▸ Dataset items
===============

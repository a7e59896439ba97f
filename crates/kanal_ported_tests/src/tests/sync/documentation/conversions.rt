//! Handles for threads that become handles for tasks, or are lent as such.
use crate::tests::given::equal;
use crate::tests::sync::given::{new, receive_one, send_one};
use crate::tests::tasks::given::{receive_one as receive_in_task, send_one as send_in_task};
use std::thread;

#[test]
fn clones_for_tasks(rt: HostRuntime) {
    let (s, r) = new::<u64>(&rt, Some(0));
    let _async_sender = s.clone_async(&rt).expect(&rt, "a clone");
    let _async_receiver = r.clone_async(&rt).expect(&rt, "a clone");
    equal(&rt, (r.sender_count(&rt), s.receiver_count(&rt)), (2, 2));
}

/// How a handle for threads serves a task.
#[derive(Clone, Copy)]
enum Served {
    /// It becomes one for tasks.
    Converted,
    /// It is lent as one for tasks.
    Lent,
}

/// A task sends the word through a sender that serves it in each way, and a thread receives it; and the other way
/// round.
#[test]
fn handles_that_serve_a_task(rt: HostRuntime) {
    for how in [Served::Converted, Served::Lent] {
        let (s, r) = new::<&'static str>(&rt, Some(0));
        thread::join(
            &rt,
            move || match how {
                Served::Converted => send_in_task(&rt, &s.to_async(), "World"),
                Served::Lent => send_in_task(&rt, s.as_async(), "World"),
            },
            || receive_one(&rt, &r, "World"),
        );
        let (s, r) = new::<&'static str>(&rt, Some(0));
        thread::join(
            &rt,
            move || match how {
                Served::Converted => receive_in_task(&rt, &r.to_async(), "World"),
                Served::Lent => receive_in_task(&rt, r.as_async(), "World"),
            },
            || send_one(&rt, &s, "World"),
        );
    }
}
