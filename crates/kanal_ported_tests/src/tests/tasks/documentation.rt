//! The examples of the crate's documentation on the handles for tasks, with their stated values.
mod calls;
mod conversions;
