//! What is left to either side once the other is gone, or the channel is closed.
use super::given::{new, receive_ones, recv, send, send_ones};
use crate::tests::given::equal;
use crate::tests::messages::boxed;
use kanal::error::{ReceiveError, SendError};

#[test]
fn recv_from_half_closed_queue(rt: HostRuntime) {
    let (tx, rx) = new(&rt, Some(1));
    send_ones(&rt, &tx, 1);
    drop(tx);
    receive_ones(&rt, &rx, 1);
}

#[test]
fn recv_from_half_closed_channel(rt: HostRuntime) {
    let (tx, rx) = new::<u64>(&rt, Some(1));
    drop(tx);
    equal(&rt, recv(&rt, &rx), Err(ReceiveError::SendClosed));
}

#[test]
fn recv_from_closed_channel(rt: HostRuntime) {
    let (tx, rx) = new::<u64>(&rt, Some(1));
    equal(&rt, tx.close(&rt), Ok(()));
    equal(&rt, recv(&rt, &rx), Err(ReceiveError::Closed));
}

#[test]
fn recv_from_closed_channel_queue(rt: HostRuntime) {
    let (tx, rx) = new(&rt, Some(1));
    send_ones(&rt, &tx, 1);
    equal(&rt, tx.close(&rt), Ok(()));
    equal(&rt, recv(&rt, &rx).err(), Some(ReceiveError::Closed));
}

#[test]
fn send_to_half_closed_channel(rt: HostRuntime) {
    let (tx, rx) = new(&rt, Some(1));
    drop(rx);
    let answer = send(&rt, &tx, boxed(&rt, 1));
    equal(&rt, answer, Err(SendError::ReceiveClosed));
}

#[test]
fn send_to_closed_channel(rt: HostRuntime) {
    let (tx, rx) = new(&rt, Some(1));
    equal(&rt, rx.close(&rt), Ok(()));
    equal(&rt, send(&rt, &tx, boxed(&rt, 1)), Err(SendError::Closed));
}
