//! Each message is dropped once, whoever drops it.
use super::given::{new, recv, send};
use crate::tests::given::{MESSAGES, THREADS, counter, equal, holds};
use crate::tests::messages::{DropTester, dropped, one_two_three};
use kanal::error::SendError;
use kanal::{AsyncReceiver, AsyncSender};
use std::alloc::{AllocGlobal, Global};
use std::process::Abort;
use std::random::RandomSource;
use std::sync::atomic::AtomicU64;
use std::sync::{Arc, Wait};
use std::thread;
use std::thread::Threads;

/// The counter that the messages share.
type DropCount = Arc<AtomicU64, Global>;

/// How many messages each task sends, and receives.
const EACH: u64 = MESSAGES / THREADS;

/// Sends so many messages that count their drops, of which each is answered so.
fn send_testers<R: Wait + Abort + RandomSource + AllocGlobal>(
    rt: &R,
    tx: &AsyncSender<DropTester>,
    drops: &DropCount,
    count: u64,
    expected: Result<(), SendError>,
) {
    for _ in 0..count {
        equal(rt, send(rt, tx, DropTester::new(rt, drops)), expected);
    }
}

/// Receives messages, and drops them.
fn receive_any<T: Drop, R: Wait + Abort + RandomSource + AllocGlobal>(
    rt: &R,
    rx: &AsyncReceiver<T>,
) {
    for _ in 0..EACH {
        holds(rt, recv(rt, rx).is_ok());
    }
}

/// Several tasks send such messages to as many, each through a clone of its own.
#[test]
fn drop_test(rt: HostRuntime) {
    let drops = counter(&rt);
    let (tx, rx) = new(&rt, Some(1));
    let (rt, told) = (&rt, &drops);
    thread::scope(thread::scope_env(), rt, |scope| {
        for _ in 0..THREADS {
            let theirs = tx.clone(rt).expect(rt, "a clone");
            scope
                .spawn(move || send_testers(rt, &theirs, told, EACH, Ok(())))
                .expect(rt, "a thread");
            let theirs = rx.clone(rt).expect(rt, "a clone");
            scope
                .spawn(move || receive_any(rt, &theirs))
                .expect(rt, "a thread");
        }
    });
    dropped(rt, &drops, MESSAGES);
}

/// Sends vectors.
fn send_vectors<R: Wait + Abort + RandomSource + AllocGlobal>(rt: &R, tx: &AsyncSender<Vec<u64>>) {
    for _ in 0..EACH {
        holds(rt, send(rt, tx, one_two_three(rt)).is_ok());
    }
}

/// Several tasks send vectors to as many, each through a clone of its own.
#[test]
fn vec_test(rt: HostRuntime) {
    let (tx, rx) = new(&rt, Some(1));
    let rt = &rt;
    thread::scope(thread::scope_env(), rt, |scope| {
        for _ in 0..THREADS {
            let theirs = tx.clone(rt).expect(rt, "a clone");
            scope
                .spawn(move || send_vectors(rt, &theirs))
                .expect(rt, "a thread");
            let theirs = rx.clone(rt).expect(rt, "a clone");
            scope
                .spawn(move || receive_any(rt, &theirs))
                .expect(rt, "a thread");
        }
    });
}

#[test]
fn drop_test_send_to_closed(rt: HostRuntime) {
    let drops = counter(&rt);
    let (tx, rx) = new(&rt, Some(10));
    equal(&rt, rx.close(&rt), Ok(()));
    send_testers(&rt, &tx, &drops, 10, Err(SendError::Closed));
    dropped(&rt, &drops, 10);
}

#[test]
fn drop_test_send_to_half_closed(rt: HostRuntime) {
    let drops = counter(&rt);
    let (tx, rx) = new(&rt, Some(10));
    drop(rx);
    send_testers(&rt, &tx, &drops, 10, Err(SendError::ReceiveClosed));
    dropped(&rt, &drops, 10);
}

#[test]
fn drop_test_in_unused_signal(rt: HostRuntime) {
    let drops = counter(&rt);
    let (tx, rx) = new(&rt, Some(10));
    for _ in 0..10 {
        drop(tx.send(DropTester::new(&rt, &drops)));
    }
    dropped(&rt, &drops, 10);
    equal(&rt, rx.close(&rt), Ok(()));
    dropped(&rt, &drops, 10);
}

/// Ten tasks send one message each, which goes or is refused, each through a clone of its own.
fn send_from_ten<R>(rt: &R, tx: &AsyncSender<DropTester>, drops: &DropCount)
where
    R: Threads + Wait + Abort + RandomSource + AllocGlobal + Sync,
{
    thread::scope(thread::scope_env(), rt, |scope| {
        for _ in 0..10 {
            let theirs = tx.clone(rt).expect(rt, "a clone");
            scope
                .spawn(move || {
                    let _answer = send(rt, &theirs, DropTester::new(rt, drops));
                })
                .expect(rt, "a thread");
        }
    });
}

#[test]
fn drop_test_in_queue(rt: HostRuntime) {
    let drops = counter(&rt);
    let (tx, rx) = new(&rt, Some(10));
    send_from_ten(&rt, &tx, &drops);
    equal(&rt, rx.len(&rt), 10);
    dropped(&rt, &drops, 0);
    equal(&rt, rx.close(&rt), Ok(()));
    dropped(&rt, &drops, 10);
}

#[test]
fn drop_test_in_signal(rt: HostRuntime) {
    let drops = counter(&rt);
    let (tx, rx) = new(&rt, Some(10));
    thread::join(
        &rt,
        || send_from_ten(&rt, &tx, &drops),
        || equal(&rt, rx.close(&rt), Ok(())),
    );
    dropped(&rt, &drops, 10);
}
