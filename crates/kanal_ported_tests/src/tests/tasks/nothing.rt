//! Messages of size 0 between tasks, through a waiting sender's slot, and through a cell.
use super::given::new;
use super::integrity::pass_both;
use crate::tests::given::{MESSAGES, equal, holds};
use crate::tests::messages::NoBytes;
use futures::task::Poll;
use futures::test::MockTask;

#[test]
fn spsc_overaligned_zst(rt: HostRuntime) {
    pass_both::<NoBytes, _>(&rt, ([], []), MESSAGES / 2);
}

/// A send waits with its message, and a receive takes it from there.
#[test]
fn nothing_through_a_waiting_senders_slot(rt: HostRuntime) {
    let (tx, rx) = new::<NoBytes>(&rt, Some(0));
    let task = MockTask::new(&rt).expect(&rt, "a task");
    let mut sending = tx.send([]);
    holds(&rt, task.poll(&mut sending).is_pending());
    holds(&rt, rx.try_recv(&rt).is_ok_and(|came| came.is_some()));
    equal(&rt, task.poll(&mut sending), Poll::Ready(Ok(())));
}

/// A receive waits, and is handed the message through its cell.
#[test]
fn nothing_through_a_cell(rt: HostRuntime) {
    let (tx, rx) = new::<NoBytes>(&rt, Some(0));
    let task = MockTask::new(&rt).expect(&rt, "a task");
    let mut receiving = rx.recv();
    holds(&rt, task.poll(&mut receiving).is_pending());
    equal(&rt, tx.try_send(&rt, []), Ok(true));
    holds(&rt, matches!(task.poll(&mut receiving), Poll::Ready(Ok(_))));
}
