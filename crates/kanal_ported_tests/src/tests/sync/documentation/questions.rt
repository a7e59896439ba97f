//! The examples of a channel's state: where two have the same channel, they share it.
use crate::tests::given::{equal, holds};
use crate::tests::sync::given::new;
use kanal::error::ReceiveError;

#[test]
fn places_and_messages(rt: HostRuntime) {
    let (s, r) = new::<u64>(&rt, Some(0));
    holds(&rt, s.is_bounded(&rt) && r.is_bounded(&rt));
    equal(&rt, (s.capacity(&rt), r.capacity(&rt)), (0, 0));
    let (s, r) = new::<u64>(&rt, None);
    holds(&rt, !s.is_bounded(&rt) && !r.is_bounded(&rt));
    let most = (usize::MAX, usize::MAX);
    equal(&rt, (s.capacity(&rt), r.capacity(&rt)), most);
    holds(&rt, s.is_empty(&rt) && r.is_empty(&rt));
    equal(&rt, (s.len(&rt), r.len(&rt)), (0, 0));
    equal(&rt, s.send(&rt, 10), Ok(()));
    equal(&rt, (s.len(&rt), r.len(&rt)), (1, 1));
    let (s, r) = new(&rt, Some(1));
    equal(&rt, s.send(&rt, "Hi!"), Ok(()));
    holds(&rt, s.is_full(&rt) && r.is_full(&rt));
}

#[test]
fn counts_and_ends(rt: HostRuntime) {
    let (s, r) = new::<u64>(&rt, None);
    let receiver_clone = r.clone(&rt).expect(&rt, "a clone");
    let sender_clone = s.clone(&rt).expect(&rt, "a clone");
    equal(&rt, (r.receiver_count(&rt), r.sender_count(&rt)), (2, 2));
    drop((receiver_clone, r));
    holds(&rt, s.is_disconnected(&rt));
    drop((sender_clone, s));
    let (s, r) = new::<u64>(&rt, None);
    equal(&rt, s.close(&rt), Ok(()));
    holds(&rt, r.is_closed(&rt) && s.is_closed(&rt));
    let (s, r) = new::<u64>(&rt, None);
    equal(&rt, s.send(&rt, 1), Ok(()));
    drop(s);
    holds(&rt, r.is_disconnected(&rt) && !r.is_terminated(&rt));
    equal(&rt, r.recv(&rt), Ok(1));
    holds(&rt, r.is_terminated(&rt));
    equal(&rt, r.recv(&rt), Err(ReceiveError::SendClosed));
}
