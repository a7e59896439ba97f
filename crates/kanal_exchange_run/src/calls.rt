//! Each exchange of a list, on channels of its own that all have one capacity.
//!
//! The name of each channel is picked here, in proofs alone.
use kanal_exchange::{
    Call, ExchangeError, NewLog, Stage, exchanged, exchanged_from_task, exchanged_to_task,
    gathered, mapped, mapped_by_two,
};
use std::alloc::{AllocGlobal, Global};
use std::marker::Brand;
use std::random::RandomSource;
use std::sync::Wait;
use std::thread::Threads;

/// The history of a channel that is to be made.
fn opened<T: Drop>(alloc: Global) -> Result<NewLog<Call<T>>, ExchangeError> {
    NewLog::new(alloc).map_err(|_refused| ExchangeError::NoMemory)
}

/// The messages, sent by one thread and received by another.
pub fn exchange<T, R>(
    rt: &R,
    alloc: Global,
    capacity: Option<usize>,
    messages: Vec<T>,
) -> Result<Vec<T>, ExchangeError>
where
    T: Drop + Send,
    R: Threads + Wait + Sync,
{
    exchanged::<T, Brand, _>(rt, alloc, capacity, opened(alloc)?, messages)
}

/// The messages, sent by a thread and received in a task.
pub fn exchange_to_task<T, R>(
    rt: &R,
    alloc: Global,
    capacity: Option<usize>,
    messages: Vec<T>,
) -> Result<Vec<T>, ExchangeError>
where
    T: Drop + Send,
    R: Threads + Wait + RandomSource + AllocGlobal + Sync,
{
    exchanged_to_task::<T, Brand, _>(rt, alloc, capacity, opened(alloc)?, messages)
}

/// The messages, sent in a task and received by a thread.
pub fn exchange_from_task<T, R>(
    rt: &R,
    alloc: Global,
    capacity: Option<usize>,
    messages: Vec<T>,
) -> Result<Vec<T>, ExchangeError>
where
    T: Drop + Send,
    R: Threads + Wait + RandomSource + AllocGlobal + Sync,
{
    exchanged_from_task::<T, Brand, _>(rt, alloc, capacity, opened(alloc)?, messages)
}

/// The messages of two senders, received by one thread.
pub fn gather<T, R>(
    rt: &R,
    alloc: Global,
    capacity: Option<usize>,
    first: Vec<T>,
    second: Vec<T>,
) -> Result<Vec<T>, ExchangeError>
where
    T: Drop + Send,
    R: Threads + Wait + Sync,
{
    gathered::<T, Brand, _>(rt, alloc, capacity, opened(alloc)?, first, second)
}

/// What the stage makes of the messages.
pub fn map_by<S, R>(
    rt: &R,
    alloc: Global,
    stage: &S,
    capacity: Option<usize>,
    messages: Vec<S::Input>,
) -> Result<Vec<S::Output>, ExchangeError>
where
    S: Stage + Sync,
    R: Threads + Wait + Sync,
{
    let (before, behind) = (opened(alloc)?, opened(alloc)?);
    mapped::<S, Brand, Brand, _>(
        rt, alloc, stage, capacity, before, capacity, behind, messages,
    )
}

/// What the second stage makes of what the first makes of the messages.
pub fn map_by_two<S, U, R>(
    rt: &R,
    alloc: Global,
    stage: &S,
    after: &U,
    capacity: Option<usize>,
    messages: Vec<S::Input>,
) -> Result<Vec<U::Output>, ExchangeError>
where
    S: Stage + Sync,
    U: Stage<Input = S::Output> + Sync,
    R: Threads + Wait + Sync,
{
    let (before, between, behind) = (opened(alloc)?, opened(alloc)?, opened(alloc)?);
    mapped_by_two::<S, U, Brand, Brand, Brand, _>(
        rt, alloc, stage, after, capacity, before, capacity, between, capacity, behind, messages,
    )
}
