//! Futures that wait and are dropped, as where their tasks are stopped.
use super::given::new;
use crate::tests::given::{counter, equal, holds};
use crate::tests::messages::{DropTester, dropped};
use futures::test::MockTask;
use kanal::{AsyncReceiver, AsyncSender, ReceiveFuture, SendFuture};
use std::alloc::{AllocGlobal, Global};
use std::process::Abort;
use std::random::RandomSource;
use std::sync::Arc;
use std::sync::atomic::AtomicU64;

/// A receive that waits by each of these receivers: none has answered.
fn waiting_receives<'a, R: Abort + RandomSource + AllocGlobal>(
    rt: &R,
    receivers: &'a [AsyncReceiver<DropTester>],
) -> Vec<ReceiveFuture<'a, DropTester>> {
    let task = MockTask::new(rt).expect(rt, "a task");
    let mut list = Vec::new(rt.alloc());
    for rx in receivers {
        let mut receiving = rx.recv();
        holds(rt, task.poll(&mut receiving).is_pending());
        list.push(receiving).expect(rt, "memory for a future");
    }
    list
}

/// Ten clones of the receiver, one for each task.
#[test]
fn recv_abort_test(rt: HostRuntime) {
    let (_tx, rx) = new::<DropTester>(&rt, Some(10));
    let mut clones = Vec::new(rt.alloc());
    for _ in 0..10 {
        let theirs = rx.clone(&rt).expect(&rt, "a clone");
        clones.push(theirs).expect(&rt, "memory for a clone");
    }
    let list = waiting_receives(&rt, clones.as_slice());
    drop(list);
    drop(clones);
    equal(&rt, rx.close(&rt), Ok(()));
}

/// A send that waits by each of these senders: none has answered.
fn waiting_sends<'a, R: Abort + RandomSource + AllocGlobal>(
    rt: &R,
    senders: &'a [AsyncSender<DropTester>],
    drops: &Arc<AtomicU64, Global>,
) -> Vec<SendFuture<'a, DropTester>> {
    let task = MockTask::new(rt).expect(rt, "a task");
    let mut list = Vec::new(rt.alloc());
    for tx in senders {
        let mut sending = tx.send(DropTester::new(rt, drops));
        holds(rt, task.poll(&mut sending).is_pending());
        list.push(sending).expect(rt, "memory for a future");
    }
    list
}

/// Ten clones of the sender, one for each task.
#[test]
fn send_abort_test(rt: HostRuntime) {
    let drops = counter(&rt);
    let (tx, rx) = new::<DropTester>(&rt, Some(0));
    let mut clones = Vec::new(rt.alloc());
    for _ in 0..10 {
        let theirs = tx.clone(&rt).expect(&rt, "a clone");
        clones.push(theirs).expect(&rt, "memory for a clone");
    }
    let list = waiting_sends(&rt, clones.as_slice(), &drops);
    dropped(&rt, &drops, 0);
    drop(list);
    drop(clones);
    dropped(&rt, &drops, 10);
    equal(&rt, rx.close(&rt), Ok(()));
    dropped(&rt, &drops, 10);
}
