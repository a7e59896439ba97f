//! Calls that meet another party. One that doesn't wait is repeated until it meets that party.
use crate::tests::given::{TURNS, holds};
use crate::tests::sync::given::{new, receive_one, send_one};
use kanal::{Receiver, Sender};
use std::process::Abort;
use std::sync::Wait;
use std::thread;

/// The forms of a send that doesn't wait for a receiver.
#[derive(Clone, Copy)]
enum TrySendBy {
    Try,
    TryRealtime,
    TryOption,
    TryOptionRealtime,
}

/// Sends the number by this form as soon as it is taken, from the option where the form takes one. The test
/// ends unless the option holds it until then.
fn send_by<R: Wait + Abort>(rt: &R, s: &Sender<u64>, form: TrySendBy) {
    let mut option = Some(1);
    for _ in 0..TURNS {
        assert!(rt; option.is_some());
        let answer = match form {
            TrySendBy::Try => s.try_send(rt, 1),
            TrySendBy::TryRealtime => s.try_send_realtime(1),
            TrySendBy::TryOption => s.try_send_option(rt, &mut option),
            TrySendBy::TryOptionRealtime => s.try_send_option_realtime(&mut option),
        };
        if answer == Ok(true) {
            return;
        }
        thread::yield_now();
    }
    holds(rt, false);
}

/// A thread sends the number by each form, and another receives it.
#[test]
fn sends_that_do_not_wait(rt: HostRuntime) {
    let forms = [
        TrySendBy::Try,
        TrySendBy::TryRealtime,
        TrySendBy::TryOption,
        TrySendBy::TryOptionRealtime,
    ];
    for form in forms {
        let (s, r) = new::<u64>(&rt, Some(0));
        thread::join(
            &rt,
            move || send_by(&rt, &s, form),
            || receive_one(&rt, &r, 1),
        );
    }
}

#[test]
fn send(rt: HostRuntime) {
    let (s, r) = new::<&'static str>(&rt, Some(0));
    thread::join(
        &rt,
        move || send_one(&rt, &s, "Hello"),
        || receive_one(&rt, &r, "Hello"),
    );
}

/// The forms of a receive that doesn't wait for a sender.
#[derive(Clone, Copy)]
enum TryRecvBy {
    Try,
    TryRealtime,
}

/// Receives the word by this form as soon as it is there.
fn receive_by<R: Wait + Abort>(rt: &R, r: &Receiver<&'static str>, form: TryRecvBy, word: &str) {
    for _ in 0..TURNS {
        let answer = match form {
            TryRecvBy::Try => r.try_recv(rt),
            TryRecvBy::TryRealtime => r.try_recv_realtime(),
        };
        if answer == Ok(Some(word)) {
            return;
        }
        thread::yield_now();
    }
    holds(rt, false);
}

/// A thread sends a word, and another receives it by each form.
#[test]
fn receives_that_do_not_wait(rt: HostRuntime) {
    for form in [TryRecvBy::Try, TryRecvBy::TryRealtime] {
        let (s, r) = new::<&'static str>(&rt, Some(0));
        thread::join(
            &rt,
            move || send_one(&rt, &s, "Buddy"),
            || receive_by(&rt, &r, form, "Buddy"),
        );
    }
}
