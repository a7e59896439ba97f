//! One message, two messages, and a stream.
use super::given::{new, receive_one, send_below, send_one, stream_below};
use crate::tests::given::MESSAGES;
use std::alloc::AllocGlobal;
use std::process::Abort;
use std::random::RandomSource;
use std::sync::Wait;
use std::thread;
use std::thread::Threads;

#[test]
fn one_msg(rt: HostRuntime) {
    let (tx, rx) = new::<u8>(&rt, Some(1));
    send_one(&rt, &tx, 0);
    receive_one(&rt, &rx, 0);
}

/// The messages 0 and 1 go through a channel with so many places, whose sole sender is the task's that sends.
fn two_msg<R>(rt: &R, size: usize)
where
    R: Threads + Wait + Abort + RandomSource + AllocGlobal + Sync,
{
    let (tx, rx) = new::<u8>(rt, Some(size));
    thread::join(
        rt,
        move || {
            send_one(rt, &tx, 0);
            send_one(rt, &tx, 1);
        },
        || {
            receive_one(rt, &rx, 0);
            receive_one(rt, &rx, 1);
        },
    );
}

#[test]
fn two_msg_0(rt: HostRuntime) {
    two_msg(&rt, 0);
}

#[test]
fn two_msg_1(rt: HostRuntime) {
    two_msg(&rt, 1);
}

#[test]
fn two_msg_2(rt: HostRuntime) {
    two_msg(&rt, 2);
}

#[test]
fn stream(rt: HostRuntime) {
    let (tx, rx) = new::<u64>(&rt, Some(0));
    thread::join(
        &rt,
        move || send_below(&rt, tx, MESSAGES),
        || stream_below(&rt, &rx, MESSAGES),
    );
}
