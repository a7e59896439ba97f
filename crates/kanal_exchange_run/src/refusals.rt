//! What an exchange tells that is refused, and what becomes of its messages.
use crate::calls::{exchange, map_by};
use anyhow::{Result, bail};
use kanal_exchange::{ExchangeError, Stage};
use kanal_given::{Counted, Drops};
use std::alloc::Global;
use std::sync::Wait;
use std::thread::Threads;

/// How many messages a refused exchange has.
pub const REFUSED: u64 = 100;

/// Refuses each message.
pub struct Refusing;

impl Stage for Refusing {
    type Input = Counted;

    type Output = Counted;

    ghost value = { λ _ message. message };

    fn apply(&self, message: Counted) -> Option<Counted> {
        drop(message);
        None
    }
}

/// So many messages that are counted when they are dropped.
pub fn counted(alloc: Global, drops: &Drops, count: u64) -> Result<Vec<Counted>> {
    let mut messages = Vec::new(alloc);
    for _ in 0..count {
        messages.push(drops.message()?)?;
    }
    Ok(messages)
}

/// What a pipeline tells whose stage refuses each message, and how many of the messages were dropped.
pub fn refused_by_a_stage<R>(
    rt: &R,
    alloc: Global,
    capacity: Option<usize>,
) -> Result<(ExchangeError, u64)>
where
    R: Threads + Wait + Sync,
{
    let drops = Drops::new(alloc)?;
    let messages = counted(alloc, &drops, REFUSED)?;
    match map_by(rt, alloc, &Refusing, capacity, messages) {
        Ok(_made) => bail!("nothing was refused"),
        Err(error) => Ok((error, drops.count())),
    }
}

/// What an exchange tells whose channel can't be made, and how many of the messages were dropped.
pub fn refused_a_channel<R>(rt: &R, alloc: Global) -> Result<(ExchangeError, u64)>
where
    R: Threads + Wait + Sync,
{
    let drops = Drops::new(alloc)?;
    let messages = counted(alloc, &drops, REFUSED)?;
    match exchange(rt, alloc, Some(usize::MAX), messages) {
        Ok(_got) => bail!("nothing was refused"),
        Err(error) => Ok((error, drops.count())),
    }
}
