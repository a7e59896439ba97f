//! Futures and streams that are made in one thread and polled in another.
use super::given::new;
use crate::tests::given::equal;
use futures::StreamExt;
use futures::task::Poll;
use futures::test::MockTask;
use kanal::error::{ReceiveError, SendError};
use kanal::{ReceiveFuture, ReceiveStream, SendFuture};
use std::alloc::AllocGlobal;
use std::process::Abort;
use std::random::RandomSource;
use std::sync::Wait;
use std::thread;
use std::thread::Threads;

/// A task that is polled by hand.
fn new_task(rt: &(impl Abort + RandomSource + AllocGlobal)) -> MockTask {
    MockTask::new(rt).expect(rt, "a task")
}

/// Polls the send once, in a scoped thread of its own, which is joined.
fn send_there<R: Threads + Wait + Abort + RandomSource + AllocGlobal + Sync>(
    rt: &R,
    future: SendFuture<'_, u64>,
) -> Poll<Result<(), SendError>> {
    thread::scope(thread::scope_env(), rt, |scope| {
        let thread = scope.spawn(move || {
            let mut future = future;
            new_task(rt).poll(&mut future)
        });
        thread.expect(rt, "a thread").join(rt)
    })
}

/// Polls the receive once, in a scoped thread of its own.
fn receive_there<R: Threads + Wait + Abort + RandomSource + AllocGlobal + Sync>(
    rt: &R,
    future: ReceiveFuture<'_, u64>,
) -> Poll<Result<u64, ReceiveError>> {
    thread::scope(thread::scope_env(), rt, |scope| {
        let thread = scope.spawn(move || {
            let mut future = future;
            new_task(rt).poll(&mut future)
        });
        thread.expect(rt, "a thread").join(rt)
    })
}

/// Polls the stream once, in a scoped thread of its own.
fn next_there<R: Threads + Wait + Abort + RandomSource + AllocGlobal + Sync>(
    rt: &R,
    stream: ReceiveStream<'_, u64>,
) -> Poll<Option<u64>> {
    thread::scope(thread::scope_env(), rt, |scope| {
        let thread = scope.spawn(move || {
            let mut stream = stream;
            new_task(rt).poll(&mut stream.next())
        });
        thread.expect(rt, "a thread").join(rt)
    })
}

/// Where nothing is there the polls are pending, and once the sender is gone the stream is over.
#[test]
fn moved_futures(rt: HostRuntime) {
    let (tx, rx) = new::<u64>(&rt, Some(1));
    equal(&rt, send_there(&rt, tx.send(7)), Poll::Ready(Ok(())));
    equal(&rt, receive_there(&rt, rx.recv()), Poll::Ready(Ok(7)));
    equal(&rt, tx.try_send(&rt, 8), Ok(true));
    equal(&rt, next_there(&rt, rx.stream()), Poll::Ready(Some(8)));
    let (tx, rx) = new::<u64>(&rt, Some(1));
    equal(&rt, receive_there(&rt, rx.recv()), Poll::Pending);
    equal(&rt, next_there(&rt, rx.stream()), Poll::Pending);
    drop(tx);
    equal(&rt, next_there(&rt, rx.stream()), Poll::Ready(None));
}

/// A wait that was started in one thread is polled to its end in another.
#[test]
fn a_started_receive_is_moved(rt: HostRuntime) {
    let (tx, rx) = new::<u64>(&rt, Some(0));
    let task = new_task(&rt);
    let mut receiving = rx.recv();
    equal(&rt, task.poll(&mut receiving), Poll::Pending);
    equal(&rt, tx.try_send(&rt, 7), Ok(true));
    equal(&rt, receive_there(&rt, receiving), Poll::Ready(Ok(7)));
}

===============

▸ ASSIGNED TASK
Your answer should be the exact lines above from the one with "fn nothing_through_a_waiting_senders_slot(rt: HostRuntime)" through the one with "equal(&rt, (s.capacity(&rt), r.capacity(&rt)), most);", both included, and nothing besides.

▸ PROBLEM SOLUTION
fn nothing_through_a_waiting_senders_slot(rt: HostRuntime) {
    let (tx, rx) = new::<NoBytes>(&rt, Some(0));
    let task = MockTask::new(&rt).expect(&rt, "a task");
    let mut sending = tx.send([]);
    holds(&rt, task.poll(&mut sending).is_pending());
    holds(&rt, rx.try_recv(&rt).is_ok_and(|came| came.is_some()));
    equal(&rt, task.poll(&mut sending), Poll::Ready(Ok(())));
}

/// A receive waits, and is handed the message through its cell.
#[test]
fn nothing_through_a_cell(rt: HostRuntime) {
    let (tx, rx) = new::<NoBytes>(&rt, Some(0));
    let task = MockTask::new(&rt).expect(&rt, "a task");
    let mut receiving = rx.recv();
    holds(&rt, task.poll(&mut receiving).is_pending());
    equal(&rt, tx.try_send(&rt, []), Ok(true));
    holds(&rt, matches!(task.poll(&mut receiving), Poll::Ready(Ok(_))));
}
filename crates/kanal_ported_tests/src/tests/sync/documentation/questions.rt
repository a7e59896439ba97f
//! The examples of a channel's state: where two have the same channel, they share it.
use crate::tests::given::{equal, holds};
use crate::tests::sync::given::new;
use kanal::error::ReceiveError;

#[test]
fn places_and_messages(rt: HostRuntime) {
    let (s, r) = new::<u64>(&rt, Some(0));
    holds(&rt, s.is_bounded(&rt) && r.is_bounded(&rt));
    equal(&rt, (s.capacity(&rt), r.capacity(&rt)), (0, 0));
    let (s, r) = new::<u64>(&rt, None);
    holds(&rt, !s.is_bounded(&rt) && !r.is_bounded(&rt));
    let most = (usize::MAX, usize::MAX);
    equal(&rt, (s.capacity(&rt), r.capacity(&rt)), most);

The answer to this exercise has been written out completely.